Scan the records below for the line with "pub fn shapes_stay()" and the line with "and then the". Repeat those two lines and every line between them exactly, and nothing else.
*** MATERIAL FOR THE TASK
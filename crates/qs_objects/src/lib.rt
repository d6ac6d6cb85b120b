// Objects, the requests that they serve, and the journals of what they did.
#![tactic(auto)]

ghost use Rattle.std.specs.Prelude.{◌≡◌};

use std::alloc::Global;

mod account;
mod args;
mod buffer;
mod grid;
mod held;
pub mod laws;
mod memory;
mod object;
mod operation;
mod rows;
mod traces;

pub use args::Args;
pub use held::{Entry, Event, Held, Journal, Next, Ticket};
pub use object::{GREATEST_BALANCE, Kind, MOST_LINES, MOST_VALUES, Object, ObjectFault};
pub use rows::Rows;
pub use traces::Traces;

/// What a request asks for: a command, which changes the object and has no reply, or a query, which
/// has one.
#[derive(Clone, Copy, Debug, PartialEq, Eq)]
pub enum Op {
    Deposit,
    Withdraw,
    Balance,
    Refused,
    Put,
    DropFirst,
    TakeFirst,
    First,
    Size,
    SetCell,
    AddCell,
    Fill,
    GetCell,
    RowSum,
}

/// A request to an object, which it names by its number.
pub struct Request {
    pub object: u8,
    pub op: Op,
    pub args: Args,
}

impl Drop for Request {
    fn drop(self) {
        let Request {
            object: _,
            op: _,
            args: _,
        } = self;
    }
}

impl Request {
    // A request that nobody makes.
    pub(crate) fn blank(alloc: Global) -> Request {
        Request {
            object: 0,
            op: Op::Balance,
            args: Args::new(alloc),
        }
    }

    /// The same request once more; takes no memory.
    pub fn copied(&self) -> Request
        ensures same { result ≡ self.now }
    {
        Request {
            object: self.object,
            op: self.op,
            args: self.args.copied(),
        }
    }
}
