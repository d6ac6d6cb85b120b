//! What holds of every object and every journal; and worked examples of the definitions.

ghost use Rattle.qs_objects.specs.Laws.{CommandsNeverAnswer, QueriesAnswer, MisfitsDoNothing, ShapesStay, RangesBegin, RangesStay, JournalsStayHonest};
ghost use Rattle.qs_objects.specs.Examples.{Examples};

/// A command never answers, whatever the object holds and whatever its arguments.
pub fn commands_never_answer()
    ensures law { CommandsNeverAnswer }
{}

/// A query that fits its object, with the right number of arguments, always answers.
pub fn queries_answer()
    ensures law { QueriesAnswer }
{}

/// An operation of another kind, or with a wrong number of arguments, answers nothing and changes
/// nothing.
pub fn misfits_do_nothing()
    ensures law { MisfitsDoNothing }
{}

/// An account stays an account, a buffer keeps its capacity, a grid its rows and columns.
pub fn shapes_stay()
    ensures law { ShapesStay }
{}

/// What a new object holds is in range: its balance, its number of values, its rows and columns.
pub fn ranges_begin()
    ensures law { RangesBegin }
{}

/// What an object holds stays in range, whatever it is asked.
pub fn ranges_stay()
    ensures law { RangesStay }
{}

/// A journal that is honest from a start, and whose replay is the object, stays so with each request.
pub fn journals_stay_honest()
    ensures law { JournalsStayHonest }
{}

/// What objects do in a few cases that were worked out by hand.
pub fn examples()
    ensures examples { Examples }
{}
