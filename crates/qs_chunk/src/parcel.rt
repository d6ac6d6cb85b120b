//! What travels from a client to a handler.

use crate::chunk::Chunk;
use qs_objects::{Held, Request};

/// What a client sends to a handler: a chunk of requests to run, a wish for the object, the object on its way home, or
/// the end of the block.
#[derive(Drop)]
pub enum Parcel {
    Work(Chunk<Request>),
    Sync,
    Home(Held),
    End,
}
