//! What the form of a lane promises; and worked examples of it.

ghost use Rattle.qs_chunk.specs.LaneExamples.{LaneExamples};
ghost use Rattle.qs_chunk.specs.LaneLaws.{LaneLaws};
ghost use Rattle.qs_chunk.specs.LaneRunLaws.{LaneRunLaws};
ghost use Rattle.qs_chunk.specs.LaneViews.{LanesMatch};

/// A list in which each parcel may follow those before it is the beginning of a list of the form, and every such
/// beginning is one; a parcel may follow exactly where the longer list is one again; fronts of it are. It does nothing.
pub fn lanes_keep_their_form()
    ensures form { LaneLaws }
{}

/// What one lane's two ends say together: lists are a run of a lane exactly where each parcel may follow those before
/// it and no more objects are given than asked for, so that where the client sends home only what it got each Sync is
/// served, but that the last parcel may still wait; what lies first in a lane may follow what was received; and chunks
/// have the lane's size. It does nothing.
pub fn lane_runs_go_on()
    ensures runs { LaneRunLaws }
{}

/// Lanes, and what may stand in them, computed by the definitions; it does nothing.
pub fn lane_examples()
    ensures examples { LaneExamples }
{}

/// What a client believes to have run on an object in one block is what ran there, wherever the object is, and then the
/// commands that wait: for every lane whose handler received a front of what was sent, and whose client got a front of
/// what was given. It does nothing.
pub fn lanes_match()
    ensures agree { LanesMatch }
{}
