//! How many values a chunk holds.

ghost use Rattle.std.specs.Prelude.{◌≡◌, ◌≤◌, ◌↔◌, IsSome, IfSome};
ghost use Rattle.qs_chunk.specs.Limits.{largest_chunk};

use crate::limits::LARGEST_CHUNK;
use std::marker::Model;

/// How many values a chunk holds: from 1 to 32.
#[derive(Clone, Copy, Debug, PartialEq, Eq)]
pub struct ChunkSize {
    size: u8,
}

impl Model for ChunkSize {
    ghost use Rattle.std.specs.Prelude.{ℕ, ◌≤◌};
    ghost use Rattle.qs_chunk.specs.Limits.{largest_chunk};

    ghost Value = { ℕ };

    ghost view = { λ s. s.size };

    ghost invariant = { λ s. (1 ≤ s.size) × (s.size ≤ largest_chunk) };

    ghost inverse = { λ n. record { size = n } };
}

impl ChunkSize {
    /// The size, where it is from 1 to 32.
    pub fn new(size: u8) -> Option<ChunkSize>
        ensures within { IsSome result ↔ ((1 ≤ size) × (size ≤ largest_chunk)) }
        ensures size { IfSome result (λ made. made ≡ size) }
    {
        if 1 <= size && size <= LARGEST_CHUNK {
            Some(ChunkSize { size })
        } else {
            None
        }
    }

    /// The number.
    pub fn get(self) -> u8
        ensures size { result ≡ self }
        ensures within { (1 ≤ result) × (result ≤ largest_chunk) }
    {
        self.size
    }
}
******
- ANSWER AREA
pub fn shapes_stay()
    ensures law { ShapesStay }
{}

/// What a new object holds is in range: its balance, its number of values, its rows and columns.
pub fn ranges_begin()
    ensures law { RangesBegin }
{}

/// What an object holds stays in range, whatever it is asked.
pub fn ranges_stay()
    ensures law { RangesStay }
{}

/// A journal that is honest from a start, and whose replay is the object, stays so with each request.
pub fn journals_stay_honest()
    ensures law { JournalsStayHonest }
{}

/// What objects do in a few cases that were worked out by hand.
pub fn examples()
    ensures examples { Examples }
{}
filename crates/qs_chunk/src/parcel.rt
repository d6ac6d6cb85b120b
//! What travels from a client to a handler.

use crate::chunk::Chunk;
use qs_objects::{Held, Request};

/// What a client sends to a handler: a chunk of requests to run, a wish for the object, the object on its way home, or
/// the end of the block.
#[derive(Drop)]
pub enum Parcel {
    Work(Chunk<Request>),
    Sync,
    Home(Held),
    End,
}
//! What the form of a lane promises; and worked examples of it.

ghost use Rattle.qs_chunk.specs.LaneExamples.{LaneExamples};
ghost use Rattle.qs_chunk.specs.LaneLaws.{LaneLaws};
ghost use Rattle.qs_chunk.specs.LaneRunLaws.{LaneRunLaws};
ghost use Rattle.qs_chunk.specs.LaneViews.{LanesMatch};

/// A list in which each parcel may follow those before it is the beginning of a list of the form, and every such
/// beginning is one; a parcel may follow exactly where the longer list is one again; fronts of it are. It does nothing.
pub fn lanes_keep_their_form()
    ensures form { LaneLaws }
{}

/// What one lane's two ends say together: lists are a run of a lane exactly where each parcel may follow those before
/// it and no more objects are given than asked for, so that where the client sends home only what it got each Sync is
/// served, but that the last parcel may still wait; what lies first in a lane may follow what was received; and chunks
/// have the lane's size. It does nothing.
pub fn lane_runs_go_on()
    ensures runs { LaneRunLaws }
{}

/// Lanes, and what may stand in them, computed by the definitions; it does nothing.
pub fn lane_examples()
    ensures examples { LaneExamples }
{}

/// What a client believes to have run on an object in one block is what ran there, wherever the object is, and then the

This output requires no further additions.